◆ Work item:
Scan the entries below for the string "IsTryCaused" and copy every line where it turns up.

-- Source records follows --

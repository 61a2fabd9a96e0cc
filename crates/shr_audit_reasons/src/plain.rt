// SPDX-License-Identifier: GPL-2.0-only
//! Passes over the pools.

ghost use Rattle.std.specs.Prelude.{◌≡◌, ℕ, Some, slice_get};
ghost use Rattle.std.specs.Bool.{Decides};
ghost use Rattle.shr_base.specs.declared.walks.PlainTry.{PlainTry};
ghost use Rattle.shr_audit_formed.specs.Each.{EachItem};
ghost use Rattle.shr_laws.specs.UnitParts.{pool_place};
ghost use Rattle.shr_audit_reasons.specs.Passes.{AreTriesCaused, IsEndSpent, IsTryCaused, IsTrySpent};

use crate::pools::is_pool_spent;
use shr_base::ends::WorkerPart;
use shr_base::scripts::Script;
use shr_base::walks::{Ending, PlainTry, PlainWalk};
use shr_laws::report::Report;

// Whether a pass of a pool that is worn is so by the pool's journal.
fn is_end_spent(script: &Script, report: &Report, pool: usize, node: u8, ending: Ending) -> bool
    ensures { Decides result (IsEndSpent report.now (pool_place script.now pool node) ending) }
{
    match ending {
        Ending::Worn { spent } => is_pool_spent(script, report, pool, node, spent),
        _ => true,
    }
}

// Whether the pass of a try is.
fn is_try_spent(script: &Script, report: &Report, node: u8, pool: usize, tried: &PlainTry) -> bool
    ensures { Decides result (IsTrySpent report.now (pool_place script.now pool node) tried.now) }
{
    match tried {
        PlainTry::Ran { pass } => is_end_spent(script, report, pool, node, pass.ending),
        _ => true,
    }
}

// Whether that of a try with this number is, where the script has such a pool.
fn is_try_caused(script: &Script, report: &Report, node: u8, pool: usize, tried: &PlainTry) -> bool
    ensures { Decides result (IsTryCaused script.now report.now node pool tried.now) }
{
    match script.pools.get(pool) {
        Some(_decl) => is_try_spent(script, report, node, pool, tried),
        None => true,
    }
}

// Whether that of each try on a node is.
fn are_tries_caused_on(script: &Script, report: &Report, node: u8, tries: &[PlainTry]) -> bool
    ensures { Decides result ((pool : ℕ) (x : PlainTry) → slice_get tries.now pool ≡ Some x
        → IsTryCaused script.now report.now node pool x) }
{
    for pool in 0..tries.len() {
        if !is_try_caused(script, report, node, pool, &tries[pool]) {
            return false;
        }
    }
    true
}

// Whether each pass of these walks is.
fn are_walks_caused(script: &Script, report: &Report, walks: &[PlainWalk]) -> bool
    ensures { Decides result (EachItem (λ w. (pool : ℕ) (x : PlainTry)
        → slice_get w.tries.items pool ≡ Some x
        → IsTryCaused script.now report.now w.node pool x) walks.now) }
{
    for walk in walks {
        if !are_tries_caused_on(script, report, walk.node, walk.tries.as_slice()) {
            return false;
        }
    }
    true
}

// Whether each pass of these parts is.
fn are_parts_caused(script: &Script, report: &Report, parts: &[WorkerPart]) -> bool
    ensures { Decides result (EachItem (λ part. EachItem (λ w. (pool : ℕ) (x : PlainTry)
        → slice_get w.tries.items pool ≡ Some x
        → IsTryCaused script.now report.now w.node pool x) part.plain.items) parts.now) }
{
    for part in parts {
        if !are_walks_caused(script, report, part.plain.as_slice()) {
            return false;
        }
    }
    true
}

/// Whether each pass of a pool is worn only by the pool's journal.
pub fn are_tries_caused(script: &Script, report: &Report) -> bool
    ensures { Decides result (AreTriesCaused script.now report.now) }
{
    let all = are_parts_caused(script, report, report.workers.as_slice());
    all
}
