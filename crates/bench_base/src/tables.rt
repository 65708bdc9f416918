//! The texts of the two tables.
//!
//! Supervoxels are numbered from 0. Each 256 of them make a base chunk; chunks follow one another x fastest,
//! then y, then z, over a grid of 16 by 16 by 16. From a supervoxel there are three edges to later ones, where
//! there are so many: 8 to 32 further on, 40 to 64 further on, and for three in four 72 to 96 further on, for
//! the others 256, 4096 or 65536, which is the next chunk along x, y or z. All of these are multiples of 8, and
//! no two edges have one pair. Three in four edges are active.

ghost use Rattle.std.specs.Prelude.{◌<◌, ◌≤◌};
ghost use Rattle.bench_base.specs.Bases.{IsCount};

use itoa::Buffer;
use node_ids::{Layout, NodeId, Parts};
use rand::RngExt;
use rand_core::{Rng, SeedableRng};
use rand_xoshiro::Xoshiro256PlusPlus;
use std::alloc::Global;

/// How many supervoxels a base chunk has.
const CROWD: u64 = 256;

/// The texts of a supervoxel table and an edge table.
#[derive(Drop)]
pub struct Tables {
    /// The text of the supervoxel table.
    pub supervoxels: Vec<u8>,
    /// The text of the edge table.
    pub edges: Vec<u8>,
}

/// The number that stands at this place of a table.
fn number_at(place: u64, count: u64) -> u64
    requires count { IsCount count }
    requires place { place < count }
    ensures { result < count }
{
    place * 7368787 % count
}

/// The id of the supervoxel with this number.
fn id_of(layout: Layout, number: u64) -> Option<NodeId>
    requires { number < 1000000 }
{
    let chunk = number / CROWD;
    let parts = Parts {
        layer: 1,
        x: (chunk % 16) as u32,
        y: (chunk / 16 % 16) as u32,
        z: (chunk / 256) as u32,
        segment: number % CROWD + 1,
    };
    layout.pack(parts).ok()
}

/// Puts the digits of a number behind a text.
fn put_digits(text: &mut Vec<u8>, n: u64) -> Option<()> {
    let mut buffer = Buffer::new();
    text.extend_from_slice(buffer.format(n).as_bytes()).ok()
}

/// Puts a piece behind a text.
fn put(text: &mut Vec<u8>, piece: &[u8]) -> Option<()> {
    text.extend_from_slice(piece).ok()
}

/// Puts the record of the edge between two ids, with a drawn affinity from 1 to 1,000 and a drawn state.
fn put_record<G: Rng>(text: &mut Vec<u8>, numbers: &mut G, a: NodeId, b: NodeId) -> Option<()> {
    put_digits(text, a.0)?;
    put(text, b",")?;
    put_digits(text, b.0)?;
    put(text, b",")?;
    put_digits(text, numbers.random_range(1..1001u64))?;
    if numbers.random_range(0..4u64) == 0 {
        put(text, b",0\n")
    } else {
        put(text, b",1\n")
    }
}

/// Puts the edge between two supervoxels, in a drawn order of its ends, if there is the second.
fn put_edge<G: Rng>(
    text: &mut Vec<u8>,
    numbers: &mut G,
    layout: Layout,
    count: u64,
    from: u64,
    to: u64,
) -> Option<()>
    requires count { IsCount count }
    requires from { from < count }
{
    if to >= count {
        return Some(());
    }
    let a = id_of(layout, from)?;
    let b = id_of(layout, to)?;
    if numbers.random_range(0..2u64) == 0 {
        put_record(text, numbers, a, b)
    } else {
        put_record(text, numbers, b, a)
    }
}

/// How much further on the third edge of a supervoxel leads.
fn third<G: Rng>(numbers: &mut G) -> u64
    ensures { result ≤ 65536 }
{
    if numbers.random_range(0..4u64) > 0 {
        return numbers.random_range(9..13u64) * 8;
    }
    match numbers.random_range(0..3u64) {
        0 => 256,
        1 => 4096,
        _ => 65536,
    }
}

/// Puts the three edges from a supervoxel.
fn put_edges<G: Rng>(
    text: &mut Vec<u8>,
    numbers: &mut G,
    layout: Layout,
    count: u64,
    from: u64,
) -> Option<()>
    requires count { IsCount count }
    requires from { from < count }
{
    let near = from + numbers.random_range(1..5u64) * 8;
    put_edge(text, numbers, layout, count, from, near)?;
    let next = from + numbers.random_range(5..9u64) * 8;
    put_edge(text, numbers, layout, count, from, next)?;
    let far = from + third(numbers);
    put_edge(text, numbers, layout, count, from, far)
}

/// The text of the supervoxel table, in mixed order.
fn supervoxel_table(alloc: Global, layout: Layout, count: u64) -> Option<Vec<u8>>
    requires { IsCount count }
{
    let mut text = Vec::from_slice(alloc, b"supervoxel\n").ok()?;
    for place in 0..count {
        let id = id_of(layout, number_at(place, count))?;
        put_digits(&mut text, id.0)?;
        put(&mut text, b"\n")?;
    }
    Some(text)
}

/// The text of the edge table, in the order of the supervoxel table.
fn edge_table(alloc: Global, layout: Layout, count: u64, seed: u64) -> Option<Vec<u8>>
    requires { IsCount count }
{
    let mut numbers = Xoshiro256PlusPlus::seed_from_u64(seed);
    let mut text = Vec::from_slice(alloc, b"a,b,affinity,active\n").ok()?;
    for place in 0..count {
        let from = number_at(place, count);
        put_edges(&mut text, &mut numbers, layout, count, from)?;
    }
    Some(text)
}

/// The tables of so many supervoxels. None where memory ran out.
pub fn make_tables(alloc: Global, layout: Layout, count: u64, seed: u64) -> Option<Tables>
    requires { IsCount count }
{
    Some(Tables {
        supervoxels: supervoxel_table(alloc, layout, count)?,
        edges: edge_table(alloc, layout, count, seed)?,
    })
}
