//! Times how two generated tables are read, how their base is built, and how roots are read from it.
//!
//!     bench_base N SEED
//!
//! It prints one line, `supervoxels N edges M records R read MS build MS reads-a-second Q`: the base's size, how
//! many records it takes with its first entry, the whole milliseconds of `read_base` and of `build`, and how
//! many of 200,000 reads of the roots of drawn supervoxels, one after the other, are answered in a second. The
//! tables are those of `tables`; N is from 1 to 1,000,000. Below 1,000 supervoxels nothing is told of time: the
//! last three numbers are 0. Status 1: the words are of another form; 5: memory ran out or the clock failed.
//!
//! The promise: it never panics. Nothing is promised of what it prints.
#![tactic(auto)]

ghost use Rattle.op_model.specs.Valid.{IsBase, IsDataset};
ghost use Rattle.bench_base.specs.Bases.{IsCount};

mod steps;
mod tables;
mod words;

use chunk_geometry::Grid;
use node_ids::Layout;
use op_model::{Base, Dataset};
use pcg_base::Words;
use std::alloc::Global;
use std::process::ExitCode;
use std::rt::Clock;
use steps::{READS, time_build, time_read, time_roots};
use tables::make_tables;
use words::{Wish, read_wish};

/// What a run found.
#[derive(Drop)]
struct Timed {
    /// The number of edges.
    edges: usize,
    /// The number of records.
    records: u64,
    /// The microseconds of `read_base`.
    read: u128,
    /// The microseconds of `build`.
    build: u128,
    /// The microseconds of all reads.
    roots: u128,
}

/// The dataset of so many supervoxels, with room for all records of their base.
#[tactic(auto, unfolding(chunk_geometry::specs::Grids::grid_of))]
fn dataset_of(count: u64) -> Dataset
    requires { IsCount count }
    ensures { IsDataset result }
{
    let layout = Layout::new(8).unwrap();
    let grid = Grid::new(16, 16, 16).unwrap();
    let capacity = count * 15 + 10000;
    Dataset {
        layout,
        grid,
        merge_affinity: 1,
        capacity: capacity as u32,
    }
}

/// Builds the base, reads roots from its words, and tells of all.
fn build_and_read<R: Clock>(
    rt: &R,
    alloc: Global,
    base: &Base,
    dataset: &Dataset,
    read: u128,
    seed: u64,
) -> Option<Timed>
    requires dataset { IsDataset dataset.now }
    requires base { IsBase dataset.now base.now }
{
    let (mut words, build) = time_build(rt, alloc, base, dataset)?;
    let roots = time_roots(
        rt,
        alloc,
        &mut words,
        base.supervoxels.list.as_slice(),
        seed,
    )?;
    Some(Timed {
        edges: base.edges.list.len(),
        records: words.len() / 8,
        read,
        build,
        roots,
    })
}

/// Generates the tables, and times all.
fn run<R: Clock>(rt: &R, alloc: Global, wish: Wish) -> Option<Timed>
    requires { IsCount wish.count }
{
    let dataset = dataset_of(wish.count);
    let texts = make_tables(alloc, dataset.layout, wish.count, wish.seed)?;
    let (base, read) = time_read(
        rt,
        alloc,
        texts.supervoxels.as_slice(),
        texts.edges.as_slice(),
        &dataset,
    )?;
    build_and_read(rt, alloc, &base, &dataset, read, wish.seed)
}

/// A number that tells of time, or 0 where there are too few supervoxels to tell.
fn told(count: u64, number: u128) -> u128 {
    if count < 1000 { 0 } else { number }
}

fn main(rt: HostRuntime) -> ExitCode {
    let alloc = rt.alloc();
    let Some(wish) = read_wish(&rt) else {
        let _ = println!(rt; "bench_base: N SEED, with N from 1 to 1000000");
        return ExitCode::from(1);
    };
    let count = wish.count;
    let Some(found) = run(&rt, alloc, wish) else {
        return ExitCode::from(5);
    };
    let rate = READS as u128 * 1000000 / found.roots.max(1);
    let _ = println!(rt;
        "supervoxels {count} edges {} records {} read {} build {} reads-a-second {}",
        found.edges,
        found.records,
        told(count, found.read / 1000),
        told(count, found.build / 1000),
        told(count, rate)
    );
    ExitCode::from(0)
}
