//! The steps that are timed.

ghost use Rattle.std.specs.Prelude.{◌≡◌, IfSome};
ghost use Rattle.op_model.specs.Valid.{IsBase, IsDataset};
ghost use Rattle.bench_base.specs.Bases.{IsReadable};

use hierarchy_build::build;
use node_ids::NodeId;
use op_model::{Base, Dataset, Read, Reply};
use pcg_base::{VecWords, Words};
use rand::RngExt;
use rand_core::SeedableRng;
use rand_xoshiro::Xoshiro256PlusPlus;
use std::alloc::Global;
use std::rt::Clock;
use std::time::Instant;
use table_ingest::read_base;
use timestamp_reader::answer;

/// How many roots are read.
pub const READS: u64 = 200000;

/// The base that two texts spell, and how many microseconds it took to read it.
pub fn time_read<R: Clock>(
    rt: &R,
    alloc: Global,
    supervoxels: &[u8],
    edges: &[u8],
    dataset: &Dataset,
) -> Option<(Base, u128)>
    ensures { IfSome result (λ p. IsBase dataset.now p.0) }
{
    let start = Instant::now(rt).ok()?;
    let base = read_base(alloc, supervoxels, edges, dataset).ok()?;
    let time = start.elapsed(rt).ok()?;
    Some((base, time.as_micros()))
}

/// The words of a base, and how many microseconds it took to build them.
pub fn time_build<R: Clock>(
    rt: &R,
    alloc: Global,
    base: &Base,
    dataset: &Dataset,
) -> Option<(VecWords, u128)>
    requires dataset { IsDataset dataset.now }
    requires base { IsBase dataset.now base.now }
    ensures { IfSome result (λ p. IsReadable p.0.words) }
{
    let start = Instant::now(rt).ok()?;
    let Ok(words) = build(alloc, base, dataset, 1) else {
        return None;
    };
    let time = start.elapsed(rt).ok()?;
    Some((words, time.as_micros()))
}

/// Whether the root of a supervoxel is read.
fn finds_root(alloc: Global, words: &mut VecWords, sv: NodeId) -> bool
    requires { IsReadable words.old.words }
    ensures { words.new ≡ words.old }
{
    match answer(alloc, words, &Read::Root { sv, at: None }) {
        Reply::Root { .. } => true,
        _ => false,
    }
}

/// How many microseconds it takes to read the roots of `READS` drawn supervoxels.
pub fn time_roots<R: Clock>(
    rt: &R,
    alloc: Global,
    words: &mut VecWords,
    ids: &[NodeId],
    seed: u64,
) -> Option<u128>
    requires { IsReadable words.old.words }
{
    let mut numbers = Xoshiro256PlusPlus::seed_from_u64(seed);
    if ids.is_empty() {
        return None;
    }
    let start = Instant::now(rt).ok()?;
    for _ in 0..READS {
        let sv = ids[numbers.random_range(0..ids.len())];
        if !finds_root(alloc, words, sv) {
            return None;
        }
    }
    let time = start.elapsed(rt).ok()?;
    Some(time.as_micros())
}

-- Source records concluded --

◆ Response to the exercise:
ghost use Rattle.shr_audit_reasons.specs.Passes.{AreTriesCaused, IsEndSpent, IsTryCaused, IsTrySpent};
    ensures { Decides result (IsTryCaused script.now report.now node pool tried.now) }
        → IsTryCaused script.now report.now node pool x) }
        → IsTryCaused script.now report.now w.node pool x) walks.now) }
        → IsTryCaused script.now report.now w.node pool x) part.plain.items) parts.now) }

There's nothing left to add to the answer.